▶ [RECORDS]:
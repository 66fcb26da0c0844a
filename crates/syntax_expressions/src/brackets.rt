//! Conditional expressions, and what round brackets open (4.4, 4.5.7).

ghost use Rattle.syntax_expressions.specs.Reading.{Reads};
ghost use Rattle.syntax_grammar.specs.Brackets as brackets;
ghost use Rattle.syntax_grammar.specs.Levels as level;
ghost use Rattle.std.specs.Prelude.{◌≡◌};
ghost use Rattle.syntax_nodes.specs.Parts.{the_primary, the_expr, the_elsif, IsPart, IsExpr, IsPrimary};
ghost use Rattle.syntax_nodes.specs.Stack.{parts};

use crate::aggregates::{each_and_more, inside};
use crate::chains::{Chain, list};
use crate::expressions::expr;
use crate::parser::Parser;
use ada_base::kinds::{CLOSE_ROUND, ELSE, ELSIF, FOR, IF, OPEN_ROUND, THEN};
use syntax_nodes::{Four, One, Two, four, one, two};
use syntax_readers::Failure;

/// `then`, and the expression after it.
#[cycle(levels)]
#[tactic(auto, unfolding(syntax_grammar::specs::Brackets::then_value))]
pub fn then_value(parser: &mut Parser<'_>, levels: u32) -> Result<(), Failure>
    ensures { Reads the_expr IsExpr (parts parser.old.out) (brackets.then_value (level.levels levels) parser.old.tokens) result parser.new.tokens (parts parser.new.out) }
{
    parser.tokens.take(THEN)?;
    expr(parser, levels)
}

/// `else`, and the expression after it.
#[cycle(levels)]
#[tactic(auto, unfolding(syntax_grammar::specs::Brackets::else_value))]
pub fn else_value(parser: &mut Parser<'_>, levels: u32) -> Result<(), Failure>
    ensures { Reads the_expr IsExpr (parts parser.old.out) (brackets.else_value (level.levels levels) parser.old.tokens) result parser.new.tokens (parts parser.new.out) }
{
    parser.tokens.take(ELSE)?;
    expr(parser, levels)
}

/// An `elsif` part of a conditional expression (4.5.7).
#[cycle(levels)]
#[tactic(auto, unfolding(syntax_grammar::specs::Brackets::next_elsif))]
pub fn next_elsif(parser: &mut Parser<'_>, levels: u32) -> Result<(), Failure>
    ensures { Reads the_elsif IsPart (parts parser.old.out) (brackets.next_elsif (level.levels levels) parser.old.tokens) result parser.new.tokens (parts parser.new.out) }
{
    let at = parser.tokens.take(ELSIF)?;
    expr(parser, levels)?;
    then_value(parser, levels)?;
    two(&mut parser.out, Two::Elsif(at))
}

/// A conditional expression after its bracket (4.5.7).
#[cycle(levels)]
#[tactic(auto, unfolding(syntax_grammar::specs::Brackets::if_expr))]
pub fn if_expr(parser: &mut Parser<'_>, levels: u32, bracket: u32) -> Result<(), Failure>
    ensures { Reads the_primary IsPrimary (parts parser.old.out) (brackets.if_expr (level.levels levels) bracket parser.old.tokens) result parser.new.tokens (parts parser.new.out) }
{
    let at = parser.tokens.take(IF)?;
    expr(parser, levels)?;
    then_value(parser, levels)?;
    list(parser, levels, Chain::Elsifs)?;
    else_value(parser, levels)?;
    four(&mut parser.out, Four::If(bracket, at))
}

/// What stands in round brackets.
#[cycle(levels)]
#[tactic(auto, unfolding(syntax_grammar::specs::Brackets::round_inside))]
pub fn round_inside(parser: &mut Parser<'_>, levels: u32, bracket: u32) -> Result<(), Failure>
    ensures { Reads the_primary IsPrimary (parts parser.old.out) (brackets.round_inside (level.levels levels) bracket parser.old.tokens) result parser.new.tokens (parts parser.new.out) }
{
    match parser.tokens.peek() {
        IF => if_expr(parser, levels, bracket),
        FOR => {
            each_and_more(parser, levels)?;
            one(&mut parser.out, One::Round(bracket))
        }
        _ => {
            if inside(parser, levels)? {
                one(&mut parser.out, One::Group(bracket))
            } else {
                one(&mut parser.out, One::Round(bracket))
            }
        }
    }
}

/// A primary in round brackets (4.4).
#[cycle(levels)]
#[tactic(auto, unfolding(syntax_grammar::specs::Brackets::round))]
pub fn round_opened(parser: &mut Parser<'_>, levels: u32) -> Result<(), Failure>
    ensures { Reads the_primary IsPrimary (parts parser.old.out) (brackets.round (level.levels levels) parser.old.tokens) result parser.new.tokens (parts parser.new.out) }
{
    let bracket = parser.tokens.take(OPEN_ROUND)?;
    round_inside(parser, levels, bracket)?;
    parser.tokens.take(CLOSE_ROUND)?;
    Ok(())
}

▶ [WORK ITEM]:
Beginning with the first line of the entries, repeat each line exactly until you have reproduced the one containing "parser.tokens.take(ELSE)?;", and add nothing further.

▶ [REPLY TO THE EXERCISE]:
repository 66fcb26da0c0844a
filename crates/syntax_expressions/src/brackets.rt
//! Conditional expressions, and what round brackets open (4.4, 4.5.7).

ghost use Rattle.syntax_expressions.specs.Reading.{Reads};
ghost use Rattle.syntax_grammar.specs.Brackets as brackets;
ghost use Rattle.syntax_grammar.specs.Levels as level;
ghost use Rattle.std.specs.Prelude.{◌≡◌};
ghost use Rattle.syntax_nodes.specs.Parts.{the_primary, the_expr, the_elsif, IsPart, IsExpr, IsPrimary};
ghost use Rattle.syntax_nodes.specs.Stack.{parts};

use crate::aggregates::{each_and_more, inside};
use crate::chains::{Chain, list};
use crate::expressions::expr;
use crate::parser::Parser;
use ada_base::kinds::{CLOSE_ROUND, ELSE, ELSIF, FOR, IF, OPEN_ROUND, THEN};
use syntax_nodes::{Four, One, Two, four, one, two};
use syntax_readers::Failure;

/// `then`, and the expression after it.
#[cycle(levels)]
#[tactic(auto, unfolding(syntax_grammar::specs::Brackets::then_value))]
pub fn then_value(parser: &mut Parser<'_>, levels: u32) -> Result<(), Failure>
    ensures { Reads the_expr IsExpr (parts parser.old.out) (brackets.then_value (level.levels levels) parser.old.tokens) result parser.new.tokens (parts parser.new.out) }
{
    parser.tokens.take(THEN)?;
    expr(parser, levels)
}

/// `else`, and the expression after it.
#[cycle(levels)]
#[tactic(auto, unfolding(syntax_grammar::specs::Brackets::else_value))]
pub fn else_value(parser: &mut Parser<'_>, levels: u32) -> Result<(), Failure>
    ensures { Reads the_expr IsExpr (parts parser.old.out) (brackets.else_value (level.levels levels) parser.old.tokens) result parser.new.tokens (parts parser.new.out) }
{
    parser.tokens.take(ELSE)?;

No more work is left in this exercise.